The problem is the two bugs in your R code:
xobs <- runif(n, -3, 3) + rnorm(n ,sigma)
yobs <- slope * xobs + intercept + rnorm(n ,sigma)
The first problem is that the rnorm
here uses sigma
as the location, not the scale.
The second problem is that yobs
should be based on x
, not xobs
.
Going forward, you probably don’t want the same error scale for the measurement error (x_obs
) and observations (y_obs
).
Here’s an R program to simulate:
N <- 1000
sigma <- 0.5
alpha <- 1.3
beta <- -0.4
x <- runif(N, -3, 3)
y_obs <- rnorm(N, alpha + beta * x, sigma)

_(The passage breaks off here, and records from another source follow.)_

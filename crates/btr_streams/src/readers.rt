//! The readers of each stream of a board: the outputs that have it as an input. They tell a retirement which outputs to ask.
ghost use Rattle.std.specs.Prelude.{◌≡◌, ◌<◌, List, [], ◌∷◌, ◌++◌, length, slice_set, slice_index_or, Option, IfOk, IfSome};
ghost use Rattle.btr_hist.specs.declared.kernel.Spec.{Spec as SpecValue};
ghost use Rattle.btr_streams.specs.Readers.{AreInputsBelow, AreReaders};

use btr_board::Trail;
use btr_hist::Spec;
use std::alloc::{AllocError, Global};

/// Returns the readers of each stream with one stream more, which has this number: an output of this spec, or a plain stream. Nothing
/// has the new stream as an input, and each of its own inputs has one reader more. It costs logarithmic time.
pub(crate) fn with_stream_read(
    alloc: Global,
    readers: &Trail<Trail<u32>>,
    number: u32,
    spec: Option<Spec>,
) -> Result<Trail<Trail<u32>>, AllocError>
    requires number { number ≡ length readers.now }
    requires inputs { IfSome spec (AreInputsBelow (length readers.now)) }
    ensures { (kinds : List (Option SpecValue)) → AreReaders kinds readers.now → IfOk result (AreReaders (kinds ++ spec ∷ [])) }
{
    let more = readers.push(alloc, Trail::empty())?;
    let Some(spec) = spec else {
        return Ok(more);
    };
    let once = with_reader(alloc, &more, spec.first, number)?;
    let Some(second) = spec.second else {
        return Ok(once);
    };
    if second == spec.first {
        return Ok(once);
    }
    with_reader(alloc, &once, second, number)
}

/// Returns the readers of each stream, with one reader more of this input.
pub(crate) fn with_reader(
    alloc: Global,
    readers: &Trail<Trail<u32>>,
    input: u32,
    number: u32,
) -> Result<Trail<Trail<u32>>, AllocError>
    requires there { input < length readers.now }
    ensures { IfOk result (λ r. r ≡ slice_set readers.now input (slice_index_or readers.now input [] ++ number ∷ [])) }
{
    let place = input as usize;
    let Some(old) = readers.get(place) else {
        unreachable!()
    };
    let new = old.push(alloc, number)?;
    readers.set(alloc, place, new)
}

x_obs <- rnorm(N, x, sigma)
library('cmdstanr')
model <- cmdstan_model('foo.stan')
fit <- model$sample(data = list(N = N, x_obs = x_obs, y_obs = y_obs), parallel_chains=4)

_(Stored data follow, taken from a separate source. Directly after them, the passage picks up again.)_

//! The next board: one stream more, or one version more of a stream.
ghost use Rattle.std.specs.Prelude.{◌≡◌, ◌+◌, ◌-◌, ◌^◌, ◌<◌, ◌≤◌, List, [], ◌∷◌, ◌++◌, length};
ghost use Rattle.btr_base.specs.declared.limits.TheConstants.{MAX_STREAMS, MAX_VERSIONS};
ghost use Rattle.std.specs.Prelude.{slice_get, slice_set, IfOk, IfSome, Some, None};
ghost use Rattle.std.specs.Option.{is_some, option_to_list};
ghost use Rattle.btr_tree.specs.History.{nothing};
ghost use Rattle.btr_tree.specs.Root.{TreeValue, IsTree};
ghost use Rattle.btr_hist.specs.declared.entry.Entry.{Entry as EntrySpec};
ghost use Rattle.btr_hist.specs.declared.entry.Entry.TheVariants as entry;
ghost use Rattle.btr_hist.specs.Legal.{rejection};
ghost use Rattle.btr_streams.specs.Readers.{AreInputsBelow};
ghost use Rattle.btr_streams.specs.Board.{IsBoardOf, HasPast, HasGoodSpec, place_of, ids_of};
ghost use Rattle.btr_streams.specs.Stage.{MakesStream, MakesNext};
ghost use Rattle.btr_streams.specs.Stage.{HasRoomFor, HasRoomForVersion, ReadsVersion, ReadsOn};
ghost use Rattle.btr_streams.specs.Stage.{with_version, new_stream};
ghost use Rattle.btr_streams.specs.Stage.{AddsStream};

use crate::board::{Board, Stream};
use crate::readers::with_stream_read;
use btr_board::Trail;
use btr_hist::{Entry, Reads, Spec};
use btr_tree::{NewNode, Tree};
use std::alloc::{AllocError, Global};

/// The next board, and what its last entry writes: the new nodes of its stream's tree, and the block of the root. An entry that
/// makes no version has no nodes, and its root is 0.
#[derive(Drop)]
pub(crate) struct NextBoard {
    pub(crate) board: Board,
    pub(crate) nodes: Vec<NewNode>,
    pub(crate) root: u64,
}

impl Board {
    /// Makes the next board, with an entry more whose new version has this tree. No test is made.
    pub(crate) fn read_board(
        &self,
        alloc: Global,
        entry: &Entry,
        tree: Tree,
    ) -> Result<NextBoard, AllocError>
        requires few { self.now.entries < 2 ^ 64 - 1 }
        requires past { HasPast tree }
        requires room { HasRoomFor self.now entry.now }
        ensures counted { IfOk result (λ n. n.board.entries ≡ self.now.entries + 1) }
        ensures kept { IfOk result (λ n. ReadsOn self.now entry.now tree n.board n.nodes.items n.root) }
    {
        match entry {
            Entry::Create { id } => {
                Ok(without_nodes(alloc, self.with_stream(alloc, *id, None)?))
            }
            Entry::Define { id, spec } => {
                Ok(without_nodes(alloc, self.with_stream(alloc, *id, Some(*spec))?))
            }
            Entry::Commit { stream, .. } => self.read_version(alloc, *stream, tree, None),
            Entry::Distillate { stream, reads, .. } => {
                self.read_version(alloc, *stream, tree, Some(*reads))
            }
            Entry::Retire { stream, first } => {
                Ok(without_nodes(alloc, self.with_earliest(alloc, *stream, *first)?))
            }
        }
    }

    /// Makes the next board with one version more of a stream, which has this tree and has read these versions, or none if the
    /// stream is plain.
    pub(crate) fn read_version(
        &self,
        alloc: Global,
        stream: u32,
        tree: Tree,
        read: Option<Reads>,
    ) -> Result<NextBoard, AllocError>
        requires few { self.now.entries < 2 ^ 64 - 1 }
        requires past { HasPast tree }
        requires room { HasRoomForVersion self.now stream (is_some read) }
        ensures counted { IfOk result (λ n. n.board.entries ≡ self.now.entries + 1) }
        ensures kept { IfOk result (λ n. ReadsVersion self.now stream read tree n.board n.nodes.items n.root) }
    {
        let place = stream as usize;
        let Some(kept) = self.streams.get(place) else {
            unreachable!()
        };
        let root = tree.root();
        let board = self.with_version(alloc, place, kept, tree, read)?;
        Ok(NextBoard {
            board,
            nodes: Vec::new(alloc),
            root,
        })
    }

    /// Makes the next board with a new stream: an output of this spec, or a plain stream.
    pub(crate) fn with_stream(
        &self,
        alloc: Global,
        id: u128,
        spec: Option<Spec>,
    ) -> Result<Board, AllocError>
        requires few { self.now.entries < 2 ^ 64 - 1 }
        requires room { length self.now.streams < MAX_STREAMS }
        requires fresh { place_of (ids_of self.now.streams) id ≡ None }
        requires good { HasGoodSpec spec }
        requires inputs { IfSome spec (AreInputsBelow (length self.now.streams)) }
        ensures next { (h : List EntrySpec) (e : EntrySpec) → IsBoardOf h self.now → MakesStream e id spec → rejection h e ≡ None
            → IfOk result (IsBoardOf (h ++ e ∷ [])) }
        ensures counted { IfOk result (λ b. b.entries ≡ self.now.entries + 1) }
        ensures adds { IfOk result (AddsStream self.now id spec) }
    {
        let number = self.streams.len() as u32;
        let first = first_version(alloc, id, spec, self.entries + 1)?;
        let streams = self.streams.push(alloc, first)?;
        let readers = with_stream_read(alloc, &self.readers, number, spec)?;
        let numbers = self.numbers.insert(alloc, id, number)?;
        Ok(Board {
            streams,
            readers,
            numbers,
            entries: self.entries + 1,
        })
    }

    /// Makes the next board with one version more of the stream at a place, which is `kept`: it has this tree, and has read these
    /// versions. A version of a plain stream has read none.
    pub(crate) fn with_version(
        &self,
        alloc: Global,
        place: usize,
        kept: &Stream,
        tree: Tree,
        read: Option<Reads>,
    ) -> Result<Board, AllocError>
        requires few { self.now.entries < 2 ^ 64 - 1 }
        requires there { slice_get self.now.streams place ≡ Some kept.now }
        requires room { length kept.now.trees ≤ MAX_VERSIONS }
        requires grown { HasPast tree }
        requires of_kind { is_some read ≡ is_some kept.now.spec }
        ensures next { (h : List EntrySpec) (e : EntrySpec) → IsBoardOf h self.now → MakesNext h e place read tree
            → IfOk result (IsBoardOf (h ++ e ∷ [])) }
        ensures counted { IfOk result (λ b. b.entries ≡ self.now.entries + 1) }
        ensures streams { IfOk result (λ b. b.streams
            ≡ slice_set self.now.streams place (with_version kept.now tree read (self.now.entries + 1))) }
    {
        let next = next_stream(alloc, kept, tree, read, self.entries + 1)?;
        let streams = self.streams.set(alloc, place, next)?;
        let readers = self.readers.share()?;
        let numbers = self.numbers.share()?;
        Ok(Board {
            streams,
            readers,
            numbers,
            entries: self.entries + 1,
        })
    }
}

/// Returns a board whose last entry writes no node.
pub(crate) fn without_nodes(alloc: Global, board: Board) -> NextBoard
    ensures board { result.board ≡ board }
    ensures nodes { result.nodes.items ≡ [] }
    ensures root { result.root ≡ 0 }
{
    NextBoard {
        board,
        nodes: Vec::new(alloc),
        root: 0,
    }
}

/// Returns a stream at version 0, made by the entry of this number: an output of this spec, or a plain stream.
pub(crate) fn first_version(
    alloc: Global,
    id: u128,
    spec: Option<Spec>,
    number: u64,
) -> Result<Stream, AllocError>
    ensures { IfOk result (λ s. (t : TreeValue) × IsTree nothing t × (s ≡ new_stream id spec t number)) }
{
    let no_trees = Trail::empty();
    let trees = no_trees.push(alloc, Tree::empty())?;
    let no_numbers = Trail::empty();
    let numbers = no_numbers.push(alloc, number)?;
    Ok(Stream {
        id,
        spec,
        trees,
        reads: Trail::empty(),
        numbers,
        earliest: 0,
    })
}

/// Returns a stream with one version more, which has this tree, has read these versions, if any, and is made by the entry of this
/// number.
pub(crate) fn next_stream(
    alloc: Global,
    kept: &Stream,
    tree: Tree,
    read: Option<Reads>,
    number: u64,
) -> Result<Stream, AllocError>
    ensures { IfOk result (λ s. s ≡ with_version kept.now tree read number) }
{
    let trees = kept.trees.push(alloc, tree)?;
    let reads = next_reads(alloc, &kept.reads, read)?;
    let numbers = kept.numbers.push(alloc, number)?;
    Ok(Stream {
        id: kept.id,
        spec: kept.spec,
        trees,
        reads,
        numbers,
        earliest: kept.earliest,
    })
}

/// Returns the reads with one more, if there is one.
pub(crate) fn next_reads(
    alloc: Global,
    reads: &Trail<Reads>,
    read: Option<Reads>,
) -> Result<Trail<Reads>, AllocError>
    ensures { IfOk result (λ t. t ≡ reads.now ++ option_to_list read) }
{
    match read {
        Some(read) => reads.push(alloc, read),
        None => reads.share(),
    }
}
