//! Who makes the tree of a commit: the calling thread alone, or several threads.
ghost use Rattle.std.specs.Prelude.{◌≤◌, ◌^◌, IfOk, IfErr};
ghost use Rattle.btr_base.specs.Point.{AreInDomain};
ghost use Rattle.btr_tree.specs.History.{bag, ◌▷◌};
ghost use Rattle.btr_tree.specs.Root.{IsTreeFault, AfterCommit};
ghost use Rattle.btr_tree.specs.Applied.{IsCommitApplied};

use btr_tree::{Applied, Steps, Tree, TreeCommit, TreeFault};
use std::alloc::Global;
use std::marker::Sync;
use std::thread::Threads;

/// Who makes the tree of a commit.
pub trait TreeMaker {
    /// What its threads need: that they can share what starts them.
    ghost can_make: { Type 0 };

    /// Returns what [`Tree::apply`] returns.
    fn apply<L>(
        &self,
        alloc: Global,
        tree: &Tree,
        commit: &TreeCommit<'_>,
        steps: &mut Steps<L>,
    ) -> Result<Applied, TreeFault>
        requires able { can_make }
        requires added { AreInDomain commit.now.added.now }
        requires first { (1 ≤ commit.now.first) × (commit.now.first ≤ 2 ^ 33) }
        ensures applied { IfOk result (IsCommitApplied tree.now commit.now.version commit.now.cut.now commit.now.added.now
            commit.now.first steps.old steps.new) }
        ensures fault { IfErr result (λ e. AfterCommit tree.now commit.now.version commit.now.cut.now commit.now.added.now (λ h c.
            IsTreeFault (bag (c ▷ h)) e)) };
}

/// The calling thread alone.
#[derive(Drop)]
pub struct Alone;

impl TreeMaker for Alone {
    ghost use Rattle.std.specs.Prelude.{⊤};

    ghost can_make = { ⊤ };

    fn apply<L>(
        &self,
        alloc: Global,
        tree: &Tree,
        commit: &TreeCommit<'_>,
        steps: &mut Steps<L>,
    ) -> Result<Applied, TreeFault> {
        tree.apply(alloc, commit, steps)
    }
}

/// At most `threads` threads at once, the calling one among them. What is small is made by the calling thread.
#[derive(Drop)]
pub struct Crew<'a, R> {
    pub rt: &'a R,
    pub threads: usize,
}

impl<R: Threads + Sync> TreeMaker for Crew<'_, R> {
    ghost use Rattle.std.specs.Thread.{IsSync};

    ghost can_make = { IsSync R.row };

    fn apply<L>(
        &self,
        alloc: Global,
        tree: &Tree,
        commit: &TreeCommit<'_>,
        steps: &mut Steps<L>,
    ) -> Result<Applied, TreeFault> {
        tree.apply_shared(self.rt, alloc, commit, self.threads, steps)
    }
}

print(fit$summary(variables = c("alpha", "beta", "sigma")))
and here’s the matching Stan model:
data{
int<lower=0> N;
array[N] real x_obs;
array[N] real y_obs;
}
parameters {
real alpha;
real beta;
real<lower=0> sigma;
vector[N] x;
}
model {
alpha ~ normal(0, 5);
beta ~ normal(0, 5);
sigma ~ normal(0, 5);
x_obs ~ normal(x, sigma);
y_obs ~ normal(alpha + beta * x, sigma);
}
and here’s the fit that the simulation script prints:
All 4 chains finished successfully.
Mean chain execution time: 3.1 seconds.
Total execution time: 3.2 seconds.
# A tibble: 3 × 10
variable mean median sd mad q5 q95 rhat ess_bulk ess_tail
<chr> <dbl> <dbl> <dbl> <dbl> <dbl> <dbl> <dbl> <dbl> <dbl>
1 alpha 1.32 1.32 0.0173 0.0168 1.29 1.34 1.00 4515. 3011.
2 beta -0.370 -0.370 0.00912 0.00911 -0.384 -0.355 1.00 4293. 2735.
3 sigma 0.498 0.498 0.0114 0.0114 0.480 0.518 1.00 1812. 2185.